Exercise instructions ::
Without any alteration, retype the records that appear below.

--- START ---

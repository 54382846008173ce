//! Transitions, with the lines of forks and joins (2.6.3, 2.6.5).

use crate::label::{append_cut, append_escaped};
use crate::sheet::Sheet;
use sfc_base::references::StepId;
use sfc_page::append::{append, append_number};
use sfc_plant::chart::Transition;
use std::alloc::AllocError;

// A side of a transition: the kind of its double line, whether its steps come before the transition, and the first step from which the
// transition comes.
#[derive(Clone, Copy)]
struct Side {
    line: &'static [u8],
    is_before: bool,
    first: StepId,
}

// Where a transition comes from.
fn before(first: StepId) -> Side {
    Side {
        line: b"j",
        is_before: true,
        first,
    }
}

// Where it leads.
fn behind(first: StepId) -> Side {
    Side {
        line: b"f",
        is_before: false,
        first,
    }
}

// The number of a transition, its name and its priority, where it has one.
fn append_head(
    out: &mut Vec<u8>,
    number: usize,
    transition: &Transition,
) -> Result<(), AllocError> {
    append_number(out, (number as u64).saturating_add(1))?;
    if let Some(name) = &transition.name {
        append(out, b" ")?;
        append(out, name.spelling())?;
    }
    if let Some(priority) = transition.priority {
        append(out, b" (PRIORITY := ")?;
        append_number(out, u64::from(priority))?;
        append(out, b")")?;
    }
    append(out, b": ")
}

// The bar of a transition, in another color where the latest scan cleared it.
fn append_bar(out: &mut Vec<u8>, is_cleared: bool) -> Result<(), AllocError> {
    append(
        out,
        b"<td><table border=\"0\" cellborder=\"0\" cellspacing=\"0\" cellpadding=\"0\"><tr><td port=\"b\" bgcolor=\"",
    )?;
    append(out, if is_cleared { b"#c62828" } else { b"#000000" })?;
    append(
        out,
        b"\" width=\"44\" height=\"4\" fixedsize=\"true\"></td></tr></table></td>",
    )
}

// The node of a transition: its bar, and beside it number, name, priority and condition; a long condition stands whole as the tooltip.
fn append_node(
    out: &mut Vec<u8>,
    sheet: &Sheet<'_>,
    number: usize,
    transition: &Transition,
) -> Result<(), AllocError> {
    append(out, b"    ")?;
    sheet.append_node(out, b"t", number)?;
    append(
        out,
        b" [label=<<table border=\"0\" cellborder=\"0\" cellspacing=\"0\" cellpadding=\"0\"><tr>",
    )?;
    append_bar(out, sheet.is_cleared(number))?;
    append(out, b"<td align=\"left\" cellpadding=\"4\">")?;
    append_head(out, number, transition)?;
    append_cut(out, sheet.condition(number))?;
    append(out, b"</td></tr></table>> tooltip=\"")?;
    append_escaped(out, sheet.condition(number))?;
    append(out, b"\"]\n")
}

// The double line of a side.
fn append_line(
    out: &mut Vec<u8>,
    sheet: &Sheet<'_>,
    number: usize,
    side: Side,
) -> Result<(), AllocError> {
    append(out, b"    ")?;
    sheet.append_node(out, side.line, number)?;
    append(
        out,
        b" [label=<<table border=\"0\" cellborder=\"1\" cellspacing=\"0\" cellpadding=\"0\"><tr><td sides=\"tb\" width=\"160\" height=\"5\" fixedsize=\"true\"></td></tr></table>>]\n",
    )
}

// An edge between a bar and its double line.
fn append_bar_edge(
    out: &mut Vec<u8>,
    sheet: &Sheet<'_>,
    number: usize,
    side: Side,
) -> Result<(), AllocError> {
    append(out, b"    ")?;
    if side.is_before {
        sheet.append_node(out, side.line, number)?;
        append(out, b":s -> ")?;
        sheet.append_node(out, b"t", number)?;
        append(out, b":b:n\n")
    } else {
        sheet.append_node(out, b"t", number)?;
        append(out, b":b:s -> ")?;
        sheet.append_node(out, side.line, number)?;
        append(out, b":n\n")
    }
}

// Where the edges of a side end: at its double line, or at the bar where it has one step.
fn append_end(
    out: &mut Vec<u8>,
    sheet: &Sheet<'_>,
    number: usize,
    side: Side,
    is_double: bool,
) -> Result<(), AllocError> {
    match (is_double, side.is_before) {
        (true, true) => {
            sheet.append_node(out, side.line, number)?;
            append(out, b":n")
        }
        (true, false) => {
            sheet.append_node(out, side.line, number)?;
            append(out, b":s")
        }
        (false, true) => {
            sheet.append_node(out, b"t", number)?;
            append(out, b":b:n")
        }
        (false, false) => {
            sheet.append_node(out, b"t", number)?;
            append(out, b":b:s")
        }
    }
}

// How an edge to a step ends: one that leads back, to a step that stands no later in the text, has a head.
fn head_of(side: Side, step: StepId) -> &'static [u8] {
    if step.0 <= side.first.0 {
        b":s:n [arrowhead=normal]\n"
    } else {
        b":s:n\n"
    }
}

// An edge between a step and a side.
fn append_edge(
    out: &mut Vec<u8>,
    sheet: &Sheet<'_>,
    number: usize,
    side: Side,
    step: (StepId, bool),
) -> Result<(), AllocError> {
    let (step, is_double) = step;
    append(out, b"    ")?;
    if side.is_before {
        sheet.append_node(out, b"s", usize::from(step.0))?;
        append(out, b":s:s -> ")?;
        append_end(out, sheet, number, side, is_double)?;
        append(out, b"\n")
    } else {
        append_end(out, sheet, number, side, is_double)?;
        append(out, b" -> ")?;
        sheet.append_node(out, b"s", usize::from(step.0))?;
        append(out, head_of(side, step))
    }
}

// An edge for each step of a side.
fn append_edges(
    out: &mut Vec<u8>,
    sheet: &Sheet<'_>,
    number: usize,
    side: Side,
    steps: &[StepId],
) -> Result<(), AllocError> {
    let is_double = steps.len() > 1;
    for step in steps {
        append_edge(out, sheet, number, side, (*step, is_double))?;
    }
    Ok(())
}

// The steps of a side: several stand at a double line.
fn append_side(
    out: &mut Vec<u8>,
    sheet: &Sheet<'_>,
    number: usize,
    side: Side,
    steps: &[StepId],
) -> Result<(), AllocError> {
    if steps.len() > 1 {
        append_line(out, sheet, number, side)?;
        append_bar_edge(out, sheet, number, side)?;
    }
    append_edges(out, sheet, number, side, steps)
}

/// Puts a transition: its bar, the steps from which it comes and to which it leads, and double lines where these are several. The one
/// error is that memory was refused; then a front of it may stand there.
pub fn append_transition(
    out: &mut Vec<u8>,
    sheet: &Sheet<'_>,
    number: usize,
    transition: &Transition,
) -> Result<(), AllocError> {
    append_node(out, sheet, number, transition)?;
    let preceding = transition.preceding.as_slice();
    let first = match preceding.first() {
        Some(step) => *step,
        None => StepId(0),
    };
    append_side(out, sheet, number, before(first), preceding)?;
    append_side(
        out,
        sheet,
        number,
        behind(first),
        transition.following.as_slice(),
    )
}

--- END ---

Response area ::
repository 54382846008173ce
//! Transitions, with the lines of forks and joins (2.6.3, 2.6.5).

use crate::label::{append_cut, append_escaped};
use crate::sheet::Sheet;
use sfc_base::references::StepId;
use sfc_page::append::{append, append_number};
use sfc_plant::chart::Transition;
use std::alloc::AllocError;

// A side of a transition: the kind of its double line, whether its steps come before the transition, and the first step from which the
// transition comes.
#[derive(Clone, Copy)]
struct Side {
    line: &'static [u8],
    is_before: bool,
    first: StepId,
}

// Where a transition comes from.
fn before(first: StepId) -> Side {
    Side {
        line: b"j",
        is_before: true,
        first,
    }
}

// Where it leads.
fn behind(first: StepId) -> Side {
    Side {
        line: b"f",
        is_before: false,
        first,
    }
}

// The number of a transition, its name and its priority, where it has one.
fn append_head(
    out: &mut Vec<u8>,
    number: usize,
    transition: &Transition,
) -> Result<(), AllocError> {
    append_number(out, (number as u64).saturating_add(1))?;
    if let Some(name) = &transition.name {
        append(out, b" ")?;
        append(out, name.spelling())?;
    }
    if let Some(priority) = transition.priority {
        append(out, b" (PRIORITY := ")?;
        append_number(out, u64::from(priority))?;
        append(out, b")")?;
    }
    append(out, b": ")
}

// The bar of a transition, in another color where the latest scan cleared it.
fn append_bar(out: &mut Vec<u8>, is_cleared: bool) -> Result<(), AllocError> {
    append(
        out,
        b"<td><table border=\"0\" cellborder=\"0\" cellspacing=\"0\" cellpadding=\"0\"><tr><td port=\"b\" bgcolor=\"",
    )?;
    append(out, if is_cleared { b"#c62828" } else { b"#000000" })?;
    append(
        out,
        b"\" width=\"44\" height=\"4\" fixedsize=\"true\"></td></tr></table></td>",
    )
}

// The node of a transition: its bar, and beside it number, name, priority and condition; a long condition stands whole as the tooltip.
fn append_node(
    out: &mut Vec<u8>,
    sheet: &Sheet<'_>,
    number: usize,
    transition: &Transition,
) -> Result<(), AllocError> {
    append(out, b"    ")?;
    sheet.append_node(out, b"t", number)?;
    append(
        out,
        b" [label=<<table border=\"0\" cellborder=\"0\" cellspacing=\"0\" cellpadding=\"0\"><tr>",
    )?;
    append_bar(out, sheet.is_cleared(number))?;
    append(out, b"<td align=\"left\" cellpadding=\"4\">")?;
    append_head(out, number, transition)?;
    append_cut(out, sheet.condition(number))?;
    append(out, b"</td></tr></table>> tooltip=\"")?;
    append_escaped(out, sheet.condition(number))?;
    append(out, b"\"]\n")
}

// The double line of a side.
fn append_line(
    out: &mut Vec<u8>,
    sheet: &Sheet<'_>,
    number: usize,
    side: Side,
) -> Result<(), AllocError> {
    append(out, b"    ")?;
    sheet.append_node(out, side.line, number)?;
    append(
        out,
        b" [label=<<table border=\"0\" cellborder=\"1\" cellspacing=\"0\" cellpadding=\"0\"><tr><td sides=\"tb\" width=\"160\" height=\"5\" fixedsize=\"true\"></td></tr></table>>]\n",
    )
}

// An edge between a bar and its double line.
fn append_bar_edge(
    out: &mut Vec<u8>,
    sheet: &Sheet<'_>,
    number: usize,
    side: Side,
) -> Result<(), AllocError> {
    append(out, b"    ")?;
    if side.is_before {
        sheet.append_node(out, side.line, number)?;
        append(out, b":s -> ")?;
        sheet.append_node(out, b"t", number)?;
        append(out, b":b:n\n")
    } else {
        sheet.append_node(out, b"t", number)?;
        append(out, b":b:s -> ")?;
        sheet.append_node(out, side.line, number)?;
        append(out, b":n\n")
    }
}

// Where the edges of a side end: at its double line, or at the bar where it has one step.
fn append_end(
    out: &mut Vec<u8>,
    sheet: &Sheet<'_>,
    number: usize,
    side: Side,
    is_double: bool,
) -> Result<(), AllocError> {
    match (is_double, side.is_before) {
        (true, true) => {
            sheet.append_node(out, side.line, number)?;
            append(out, b":n")
        }
        (true, false) => {
            sheet.append_node(out, side.line, number)?;
            append(out, b":s")
        }
        (false, true) => {
            sheet.append_node(out, b"t", number)?;
            append(out, b":b:n")
        }
        (false, false) => {
            sheet.append_node(out, b"t", number)?;
            append(out, b":b:s")
        }
    }
}

// How an edge to a step ends: one that leads back, to a step that stands no later in the text, has a head.
fn head_of(side: Side, step: StepId) -> &'static [u8] {
    if step.0 <= side.first.0 {
        b":s:n [arrowhead=normal]\n"
    } else {
        b":s:n\n"
    }
}

// An edge between a step and a side.
fn append_edge(
    out: &mut Vec<u8>,
    sheet: &Sheet<'_>,
    number: usize,
    side: Side,
    step: (StepId, bool),
) -> Result<(), AllocError> {
    let (step, is_double) = step;
    append(out, b"    ")?;
    if side.is_before {
        sheet.append_node(out, b"s", usize::from(step.0))?;
        append(out, b":s:s -> ")?;
        append_end(out, sheet, number, side, is_double)?;
        append(out, b"\n")
    } else {
        append_end(out, sheet, number, side, is_double)?;
        append(out, b" -> ")?;
        sheet.append_node(out, b"s", usize::from(step.0))?;
        append(out, head_of(side, step))
    }
}

// An edge for each step of a side.
fn append_edges(
    out: &mut Vec<u8>,
    sheet: &Sheet<'_>,
    number: usize,
    side: Side,
    steps: &[StepId],
) -> Result<(), AllocError> {
    let is_double = steps.len() > 1;
    for step in steps {
        append_edge(out, sheet, number, side, (*step, is_double))?;
    }
    Ok(())
}

// The steps of a side: several stand at a double line.
fn append_side(
    out: &mut Vec<u8>,
    sheet: &Sheet<'_>,
    number: usize,
    side: Side,
    steps: &[StepId],
) -> Result<(), AllocError> {
    if steps.len() > 1 {
        append_line(out, sheet, number, side)?;
        append_bar_edge(out, sheet, number, side)?;
    }
    append_edges(out, sheet, number, side, steps)
}

/// Puts a transition: its bar, the steps from which it comes and to which it leads, and double lines where these are several. The one
/// error is that memory was refused; then a front of it may stand there.
pub fn append_transition(
    out: &mut Vec<u8>,
    sheet: &Sheet<'_>,
    number: usize,
    transition: &Transition,
) -> Result<(), AllocError> {
    append_node(out, sheet, number, transition)?;
    let preceding = transition.preceding.as_slice();
    let first = match preceding.first() {
        Some(step) => *step,
        None => StepId(0),
    };
    append_side(out, sheet, number, before(first), preceding)?;
    append_side(
        out,
        sheet,
        number,
        behind(first),
        transition.following.as_slice(),
    )
}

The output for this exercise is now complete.